Below is the data. Give it again, complete and exact.
Segment Start: RECORD SET
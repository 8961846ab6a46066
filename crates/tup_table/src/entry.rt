//! What stands under a key.
use tup_path::Bytes;

/// What stands under a key.
#[derive(Drop)]
pub struct Entry {
    pub value: Bytes,
    /// The offset of the gate of the commit that put the value.
    pub origin: u64,
}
Segment End: RECORD SET
» EXERCISE ANSWER:
repository 8961846ab6a46066
filename crates/tup_table/src/entry.rt
//! What stands under a key.
use tup_path::Bytes;

/// What stands under a key.
#[derive(Drop)]
pub struct Entry {
    pub value: Bytes,
    /// The offset of the gate of the commit that put the value.
    pub origin: u64,
}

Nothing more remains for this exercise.